Key Fields in Section Header:
- Name: Typically ".rsrc".
- VirtualSize: Size of the section in memory.
- PointerToRawData: Offset of the section's raw data in the file.
- Characteristics: Attributes for the section.

Summary Table

Header/Section	Structure Name	Size (Bytes)	Purpose
DOS Header	`IMAGE_DOS_HEADER`	64	Legacy; points to PE header.
PE Signature	Constant (`"PE\0\0"`)	4	Identifies the file as PE.
File Header	`IMAGE_FILE_HEADER`	20	File metadata.
Optional Header	`IMAGE_OPTIONAL_HEADER32`/ `IMAGE_OPTIONAL_HEADER64`	96 / 112	Detailed executable info.
Section Headers	`IMAGE_SECTION_HEADER`	40 per section	Describes file sections.
Data Directories	`IMAGE_DATA_DIRECTORY`	128	Points to tables like import/export.
Import Descriptor	`IMAGE_IMPORT_DESCRIPTOR`	20 per entry	Details about imported DLLs/functions.
Export Directory	`IMAGE_EXPORT_DIRECTORY`	40	Details about exported symbols.
Base Relocation Table	`IMAGE_BASE_RELOCATION`	Varies	Relocation info for memory mapping.
Resource Directory	`IMAGE_RESOURCE_DIRECTORY`	Varies	Resource data (icons, strings, etc.).
Debug Directory	`IMAGE_DEBUG_DIRECTORY`	28 per entry	Debugging info pointers.

Summary

The Portable Executable (PE) format is the backbone of Windows executable files, facilitating efficient interaction between applications and the Windows operating system. Understanding its components—such as PE headers, section headers, and data directories—is essential for anyone involved in PE file analysis. From the DOS Header to the Section, each section defines the structure and behavior of the file during runtime.
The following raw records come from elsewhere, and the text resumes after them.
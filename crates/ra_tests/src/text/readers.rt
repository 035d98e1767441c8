//! Texts from readers of all sorts.

use super::{LIST, LIST_REPLIES, REPLIES, SETS, TEXT, WRITTEN, are_bytes, is_fault};
use ra_history_text::CheckFault::{self, Truncated};
use ra_history_text::check;
use std::alloc::Global;
use std::io;
use std::io::{ErrorKind, Read, Write};
use std::process::Abort;

// The number of bytes that a read returns.
#[derive(Clone, Copy)]
enum Pace {
    // At most this many bytes.
    Bytes(usize),
    // All bytes of a line but the last, and then the last one.
    ButOne,
}

impl Pace {
    // Returns how many of the remaining bytes the next read returns.
    fn of(self, left: &[u8]) -> usize {
        match self {
            Pace::Bytes(most) => most.min(left.len()),
            Pace::ButOne => match left.iter().position(|byte| *byte == b'\n') {
                Some(before) => before.max(1),
                None => left.len(),
            },
        }
    }
}

// A reader that returns the text at some pace. At one read it fails or returns nothing; further reads would return the
// rest.
#[derive(Drop)]
struct Drip<'a> {
    text: &'a [u8],
    pace: Pace,
    good_reads: usize,
    fails: bool,
}

impl Read for Drip<'_> {
    fn read(&mut self, buf: &mut [u8]) -> io::Result<usize> {
        if self.good_reads == 0 || buf.len() > 4_096 {
            self.good_reads = usize::MAX;
            return if self.fails {
                Err(io::Error::from(ErrorKind::Interrupted))
            } else {
                Ok(0)
            };
        }
        self.good_reads -= 1;
        let given = self.pace.of(self.text).min(buf.len());
        self.text.read(&mut buf[..given])
    }
}

// Returns what is left of the text after this many reads, and how many of them returned some bytes.
fn left_after(text: &[u8], pace: Pace, reads: usize) -> (&[u8], usize) {
    let mut left = text;
    let mut gave = 0usize;
    for _ in 0..reads {
        if left.is_empty() {
            break;
        }
        left = left.get(pace.of(left)..).unwrap_or(b"");
        gave = gave.wrapping_add(1);
    }
    (left, gave)
}

// The text fails, or ends, after each number of reads.
#[test]
fn reads_of_a_few_bytes(rt: HostRuntime) {
    for (text, written) in [(TEXT, WRITTEN), (SETS, REPLIES), (LIST, LIST_REPLIES)] {
        for pace in [Pace::Bytes(1), Pace::Bytes(3), Pace::ButOne] {
            let (_, reads) = left_after(text.as_bytes(), pace, text.len());
            for good_reads in 0..reads.saturating_add(2) {
                for fails in [true, false] {
                    let reader = Drip {
                        text: text.as_bytes(),
                        pace,
                        good_reads,
                        fails,
                    };
                    let is_whole = good_reads > reads;
                    ends_as_it_must(&rt, rt.alloc(), reader, is_whole, text, written);
                }
            }
        }
    }
}

// Asserts that what was read is answered line by line. A reader that returns less than the text makes the check fail,
// or the text end there.
fn ends_as_it_must(
    rt: &impl Abort,
    alloc: Global,
    mut reader: Drip<'_>,
    is_whole: bool,
    text: &str,
    written: &str,
) {
    let (reads, fails) = (reader.good_reads, reader.fails);
    let (left, _) = left_after(text.as_bytes(), reader.pace, reads);
    let given = first_bytes(text, text.len().saturating_sub(left.len()));
    let lines = lines_in(given);
    let ends = is_whole || (!fails && lines > 1 && given.last() == Some(&b'\n'));
    let wanted = match (ends, fails) {
        (true, _) => None,
        (false, true) => Some(CheckFault::Read),
        (false, false) => Some(Truncated(lines.min(100) as u32 + 1)),
    };
    let mut out = Vec::new(alloc);
    let fault = check(alloc, &mut reader, &mut out).err();
    is_fault(rt, fault, wanted, reads);
    let replied = first_lines(written, lines.saturating_sub(2));
    are_bytes(rt, out.get(..replied.len()), Some(replied), reads);
    assert!(rt; (out.len() > replied.len()) == ends, "after {reads} reads");
    if is_whole {
        are_bytes(rt, Some(out.as_slice()), Some(written.as_bytes()), reads);
    }
}

fn first_bytes(text: &str, count: usize) -> &[u8] {
    text.as_bytes().get(..count).unwrap_or(b"")
}

fn lines_in(bytes: &[u8]) -> usize {
    bytes.iter().filter(|byte| **byte == b'\n').count()
}

// Returns the first `lines` lines of the text.
fn first_lines(text: &str, lines: usize) -> &[u8] {
    let mut end = 0usize;
    for _ in 0..lines {
        let left = text.as_bytes().get(end..).unwrap_or(b"");
        if let Some(before) = left.iter().position(|byte| *byte == b'\n') {
            end = end.saturating_add(before).saturating_add(1);
        }
    }
    first_bytes(text, end)
}

// A reader that returns a prefix, and then a part repeatedly, one byte in a read.
#[derive(Drop)]
struct Repeats<'a> {
    now: &'a [u8],
    part: &'a [u8],
    times: usize,
}

impl Read for Repeats<'_> {
    fn read(&mut self, buf: &mut [u8]) -> io::Result<usize> {
        if self.now.is_empty() && self.times > 0 {
            self.times -= 1;
            self.now = self.part;
        }
        let room = buf.len().min(1);
        self.now.read(&mut buf[..room])
    }
}

// A writer that counts the bytes.
#[derive(Drop)]
struct Counting {
    written: usize,
}

impl Write for Counting {
    fn write(&mut self, buf: &[u8]) -> io::Result<usize> {
        self.written = self.written.saturating_add(buf.len());
        Ok(buf.len())
    }

    fn flush(&mut self) -> io::Result<()> {
        Ok(())
    }
}

// The longest line of a command, which is rejected, so often that there are more than 2^24 reads.
#[test]
fn many_reads_of_a_byte(rt: HostRuntime) {
    let mut reader = Repeats {
        now: b"RAH 1 counter\nreplicas a b\n",
        part: b"zzzzzzzzzzzzzzzz read -2147483648 @4294967295\n",
        times: 364_723,
    };
    let mut writer = Counting { written: 0 };
    let outcome = check(rt.alloc(), &mut reader, &mut writer);
    is_fault(&rt, outcome.err(), None, 0);
    assert_eq!(rt; writer.written, 24 * 364_723 + 10);
}
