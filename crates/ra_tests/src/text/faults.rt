//! The words of a fault that no text causes, the clause of a function with an empty body.
ghost use Rattle.std.specs.Prelude.{◌≡◌, codes};
ghost use Rattle.ra_history_text.specs.Faults.{check_fault_words};
ghost use Rattle.ra_history_text.specs.declared.fault.CheckFault.TheVariants.{Endless};

/// Theorem: the fault of an endless input has these words. That a fault is printed as its words is a clause of its
/// `Display`.
pub fn words_of_endless_input()
    ensures { check_fault_words Endless ≡ codes "endless input" }
{}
Whether you're a developer optimizing your code, a reverse engineer dissecting Windows binaries, or a cybersecurity professional investigating potential threats, mastering the PE format is key to navigating and manipulating Windows executables effectively. This guide provides a foundational understanding to help you advance your skills in binary analysis, PE file analysis, and system programming.